Some even say the President is the one who, with the #EndThisNow social messaging campaign on Twitter, forced the Republicans to come to the table. Republicans may say otherwise.
Regardless of who is right and who is wrong, I think ALL sides lost during the shutdown. From the PR standpoint, the partial shutdown was a PR disaster for both political parties and for the White House.
I have always said that business (and the Government is no exception) needs to listen to both its internal and external customers. Any business that refuses to do so does at its own eventual peril.
So, how can Washington start rebuilding its very tarnished reputation and image?
This flack might offer some suggestions:
1. It’s perfectly Ok to agree to disagree. Just because one political party does not agree with the other is no excuse to use the race card. In fact, it’s downright insulting. No one totally agrees with any one else 100% of the time. Agree to disagree and find common ground where all can be in agreement.
2. Everyone has something of value to bring to the table. Standing your ground and standing up for principles is important, but recognize the Loyal Opposition also has valid viewpoints worth bringing to the discussion.

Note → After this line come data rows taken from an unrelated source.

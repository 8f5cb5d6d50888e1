/// What the peer did wrong, with an error code of RFC 9113, section 7.
#[derive(Clone, Copy, Debug, PartialEq, Eq)]
pub enum StreamFault {
    /// A stream error (section 5.4.2): the stream is to be reset with this code.
    Stream(u32),
    /// A connection error (section 5.4.1): the link is broken with this code.
    Link(u32),
}
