// What is done in one turn at the channel under the lock.
ghost use Rattle.std.specs.Prelude.{◌≡◌, ◌≤◌, Err, option_map};
ghost use Rattle.grpc_base.specs.Limits.{moment_limit};

use crate::bell::Bell;
use crate::reading::Reading;
use crate::shared::Shared;
use attempt_ledger::Ledger;
use grpc_base::{Event, Moment, Octets, PostError, Reply, Stamped, View};
use lb_policy::Balancer;
use std::mem;
use turn_lock::Job;

/// The moment of so many nanoseconds, which are within the limit.
pub fn moment_of(nanos: u64) -> Moment
    requires { nanos ≤ moment_limit }
    ensures { result ≡ nanos }
{
    Moment::new(nanos).unwrap()
}

/// One step. The event is taken by the turn.
#[derive(Drop)]
pub struct Step<'b> {
    pub stamped: Stamped,
    /// Where it is rung, if the event may bring something to another thread's call, or something was due.
    pub bell: &'b Bell,
    pub is_news: bool,
}

impl<P: Balancer> Job<Shared<P>> for Step<'_> {
    ghost use Rattle.shared_channel.specs.Turns.{StepGives};

    type Answer = Result<Reply, PostError>;

    ghost runs = { λ job state answer job_after after. StepGives job.stamped state.watched.core answer after.watched.core };

    fn run(&mut self, state: &mut Shared<P>) -> Result<Reply, PostError> {
        let event = mem::replace(&mut self.stamped.event, Event::Tick);
        let is_due = state.watched.is_due(self.stamped.moment);
        let result = state.watched.step(Stamped {
            moment: self.stamped.moment,
            word: self.stamped.word,
            event,
        });
        state.watched.ring_if(self.bell, is_due, self.is_news);
        result
    }
}

/// The answer of a call that waits: none as long as it may wait.
fn refused(end: Option<PostError>) -> Option<Result<Reply, PostError>>
    ensures { result ≡ option_map (λ error. Err error) end }
{
    match end {
        Some(error) => Some(Err(error)),
        None => None,
    }
}

/// A Take, where something has come for the call, or nothing more comes.
#[derive(Drop)]
pub struct TakeStep<'b> {
    pub moment: Moment,
    pub word: u64,
    pub call: u32,
    /// Where it is rung, if something was due, and where it is noted that a worker ended for want of memory.
    pub bell: &'b Bell,
}

impl<P: Balancer> Job<Shared<P>> for TakeStep<'_> {
    ghost use Rattle.shared_channel.specs.Turns.{TakeGives};

    type Answer = Option<Result<Reply, PostError>>;

    ghost runs = { λ job state answer job_after after. TakeGives job.moment job.word job.call state.watched.core answer after.watched.core };

    fn run(&mut self, state: &mut Shared<P>) -> Option<Result<Reply, PostError>> {
        if !state.watched.core().can_take(self.call) {
            return refused(state.watched.end(self.bell.lacks()));
        }
        let is_due = state.watched.is_due(self.moment);
        let result = state.watched.step(Stamped {
            moment: self.moment,
            word: self.word,
            event: Event::Take { call: self.call },
        });
        state.watched.ring_if(self.bell, is_due, false);
        Some(result)
    }
}

/// A Send, where the call has room for the message, or nothing makes room any more. The message is taken by the turn that sends it.
#[derive(Drop)]
pub struct SendStep<'b> {
    pub moment: Moment,
    pub word: u64,
    pub call: u32,
    pub message: Octets,
    /// Where it is rung, if something was due, and where it is noted that a worker ended for want of memory.
    pub bell: &'b Bell,
}

impl<P: Balancer> Job<Shared<P>> for SendStep<'_> {
    ghost use Rattle.std.specs.Prelude.{◌≡◌, MatchOption};
    ghost use Rattle.shared_channel.specs.Turns.{SendGives};

    type Answer = Option<Result<Reply, PostError>>;

    ghost runs = { λ job state answer job_after after. SendGives job.moment job.word job.call job.message state.watched.core answer after.watched.core × MatchOption answer (job_after ≡ job) (λ _. Unit {0}) };

    fn run(&mut self, state: &mut Shared<P>) -> Option<Result<Reply, PostError>> {
        if let Ok(len) = u32::try_from(self.message.len()) {
            if !state.watched.core().can_send(self.call, len) {
                return refused(state.watched.end(self.bell.lacks()));
            }
        }
        let message = mem::replace(&mut self.message, Octets::new());
        let is_due = state.watched.is_due(self.moment);
        let result = state.watched.step(Stamped {
            moment: self.moment,
            word: self.word,
            event: Event::Send {
                call: self.call,
                message,
            },
        });
        state.watched.ring_if(self.bell, is_due, false);
        Some(result)
    }
}

/// A look at what the channel waits for.
#[derive(Drop)]
pub struct AtView;

impl<P: Balancer> Job<Shared<P>> for AtView {
    ghost use Rattle.std.specs.Prelude.{◌≡◌};
    ghost use Rattle.shared_channel.specs.Turns.{ShowsView};

    type Answer = View;

    ghost runs = { λ job state answer job_after after. (after ≡ state) × ShowsView state.watched.core answer };

    fn run(&mut self, state: &mut Shared<P>) -> View {
        state.watched.view()
    }
}

/// Whether a Drain of this link would give bytes, and whether the channel has given the link up.
#[derive(Drop)]
pub struct AtDrain {
    pub link: u32,
    pub is_given_up: bool,
}

/// Whether a link was opened and is gone.
fn is_given_up(ledger: &Ledger, link: u32) -> bool {
    let Some(place) = link.checked_sub(1) else {
        return false;
    };
    match ledger.links.get(place as usize) {
        Some(seen) => seen.gone.is_some(),
        None => false,
    }
}

impl<P: Balancer> Job<Shared<P>> for AtDrain {
    ghost use Rattle.std.specs.Prelude.{◌≡◌};
    ghost use Rattle.channel_core.specs.Applying.{can_drain_in};

    type Answer = bool;

    ghost runs = { λ job state answer job_after after. (after ≡ state) × (answer ≡ can_drain_in job.link state.watched.core.state) };

    fn run(&mut self, state: &mut Shared<P>) -> bool {
        let core = state.watched.core();
        self.is_given_up = is_given_up(core.ledger(), self.link);
        core.can_drain(self.link)
    }
}

/// Whether a Take of this call would be answered with other than NotYet.
#[derive(Drop)]
pub struct AtTake {
    pub call: u32,
}

impl<P: Balancer> Job<Shared<P>> for AtTake {
    ghost use Rattle.std.specs.Prelude.{◌≡◌};
    ghost use Rattle.shared_channel.specs.Turns.{CanTake};

    type Answer = bool;

    ghost runs = { λ job state answer job_after after. (after ≡ state) × CanTake job.call answer state.watched.core };

    fn run(&mut self, state: &mut Shared<P>) -> bool {
        state.watched.core().can_take(self.call)
    }
}

/// Whether a Send of a message of this length would be answered with other than Full.
#[derive(Drop)]
pub struct AtSend {
    pub call: u32,
    pub len: u32,
}

impl<P: Balancer> Job<Shared<P>> for AtSend {
    ghost use Rattle.std.specs.Prelude.{◌≡◌};
    ghost use Rattle.shared_channel.specs.Turns.{CanSend};

    type Answer = bool;

    ghost runs = { λ job state answer job_after after. (after ≡ state) × CanSend job.call job.len answer state.watched.core };

    fn run(&mut self, state: &mut Shared<P>) -> bool {
        state.watched.core().can_send(self.call, self.len)
    }
}

/// Lends the channel to a reading.
#[derive(Drop)]
pub struct Lend<'r, R> {
    pub reading: &'r mut R,
}

impl<P: Balancer, R: Reading<P>> Job<Shared<P>> for Lend<'_, R> {
    ghost use Rattle.std.specs.Prelude.{◌≡◌};
    ghost use Rattle.shared_channel.specs.Running.{IsRunning};

    type Answer = R::Answer;

    ghost runs = { λ job state answer job_after after. (after ≡ state) × IsRunning state.watched.origin state.watched.core × R.reads job.reading.now state.watched.core answer job_after.reading.now × (job_after.reading.ghost_name ≡ job.reading.ghost_name) };

    fn run(&mut self, state: &mut Shared<P>) -> R::Answer {
        self.reading
            .read(state.watched.core(), state.watched.nearly_full())
    }
}
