// What those that keep links open are still to be notified of.
use gate_io::Woken;
use grpc_base::Event;

/// What a handle posted that may give them something to send, and of which they were not notified. A call that is sent whole at once goes out in
/// one piece, so its Begin and its first message wait for what comes after them: its Finish, a further message, or a wait of the handle.
#[derive(Clone, Copy, Debug, PartialEq, Eq)]
pub(crate) enum Owed {
    Nothing,
    /// A call was begun.
    Call,
    /// A call was begun and has its first message.
    Message,
    /// They are to be notified now.
    News,
    /// All are to be notified now, also those without links.
    End,
}

impl Owed {
    /// What is owed after an event.
    pub(crate) fn afterwards(self, event: &Event) -> Owed {
        match event {
            Event::Begin { .. } => Owed::Call,
            Event::Send { .. } => match self {
                Owed::Call => Owed::Message,
                _ => Owed::News,
            },
            Event::Take { .. } | Event::TakeDial | Event::Drain { .. } => self,
            Event::Shutdown => Owed::End,
            _ => Owed::News,
        }
    }

    /// What is owed after a message that a handle had waited for room with.
    pub(crate) fn after_send(self) -> Owed {
        match self {
            Owed::Call => Owed::Message,
            _ => Owed::News,
        }
    }

    /// Who is to be notified now.
    pub(crate) fn now(self) -> Woken {
        match self {
            Owed::Nothing | Owed::Call | Owed::Message => Woken::Nobody,
            Owed::News => Woken::Linked,
            Owed::End => Woken::All,
        }
    }

    /// What is owed still once these were notified.
    pub(crate) fn left(self) -> Owed {
        match self {
            Owed::Call | Owed::Message => self,
            _ => Owed::Nothing,
        }
    }

    /// Who is to be notified as the handle is to wait.
    pub(crate) fn at_wait(self) -> Woken {
        match self {
            Owed::Nothing => Woken::Nobody,
            Owed::Call | Owed::Message | Owed::News => Woken::Linked,
            Owed::End => Woken::All,
        }
    }
}
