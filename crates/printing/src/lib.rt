// What the programs print of an answer: words, the paper's number of a refusal and its place, one line
// an answer; and what they say on standard error where something fails. It promises nothing of what is
// written, which no contract can say. (What becomes of another width by `as`, here and in the programs, has no `from` in the
// library: it crosses between `usize` and a width that is named. A line of several numbers is put together where it is printed: one function
// for them would be public and have no contract.)
#![tactic(auto)]

use answers::Unaccepted;
use refusals::Refusal;
use std::io;
use std::io::{Cursor, Print, Write};

pub fn print_line(rt: &impl Print, words: &[u8]) -> io::Result<()> {
    rt.write_all(words)?;
    rt.write_all(b"\n")
}

// A space and a number.
pub fn print_value(rt: &impl Print, value: u64) -> io::Result<()> {
    print!(rt; " {value}")
}

// The line of a refusal, after the words that it begins with.
pub fn print_refused(rt: &impl Print, words: &[u8], refusal: Refusal) -> io::Result<()> {
    rt.write_all(words)?;
    print_value(rt, u64::from(refusing::number_of(refusal.fault)))?;
    print_value(rt, refusal.place as u64)?;
    rt.write_all(b"\n")
}

// "same, different, or refusal with 1st or 2nd input"
pub fn print_compared(rt: &impl Print, compared: Result<bool, Unaccepted>) -> io::Result<()> {
    match compared {
        Ok(true) => print_line(rt, b"same"),
        Ok(false) => print_line(rt, b"different"),
        Err(Unaccepted::First(refusal)) => print_refused(rt, b"refused 1", refusal),
        Err(Unaccepted::Second(refusal)) => print_refused(rt, b"refused 2", refusal),
    }
}

// Where standard output failed, standard error says why.
pub fn report(errors: &impl Print, printed: io::Result<()>) {
    if let Err(error) = printed {
        fail(errors, b"standard output", error);
    }
}

// A line of what failed, as the caller names it, a colon and why. What cannot be said there is lost.
pub fn fail(errors: &impl Print, what: &[u8], error: io::Error) {
    let _ = errors.write_all(what);
    let _ = errors.write_all(b": ");
    let _ = print_reason(errors, error);
    let _ = errors.write_all(b"\n");
}

// The error's words, without the number of the system's that std puts after them.
fn print_reason(errors: &impl Print, error: io::Error) -> io::Result<()> {
    let mut said = Cursor::new([0u8; 128]);
    let _ = write!(said, "{error}");
    let n = (said.position() as usize).min(128);
    let all = said.into_inner();
    let text = str::from_utf8(&all[..n]).unwrap_or("");
    match text.split_once(" (os error ") {
        Some((reason, _)) => errors.write_all(reason.as_bytes()),
        None => errors.write_all(text.as_bytes()),
    }
}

3. Compromise is how it’s supposed to be done. Former President Ronald Regan and House Speaker Tip O’Neill were ideologically on opposite sides of the room. But they both had one talent many in Washington today seem to lack, from the National Executive on down: No one gets what they totally want and it’s best to talk and honestly negotiate until an acceptable compromise is reach. Hey, isn’t that what politics is all about?
4. The Congress and the President represent ALL the people, not just SOME of the people. Enough said on that.
This flack will not hold his breath but also will not be too hopeful things will improve. He does hope, however, that Washington as a whole learned something during this partial shutdown just ended about life beyond the Beltway.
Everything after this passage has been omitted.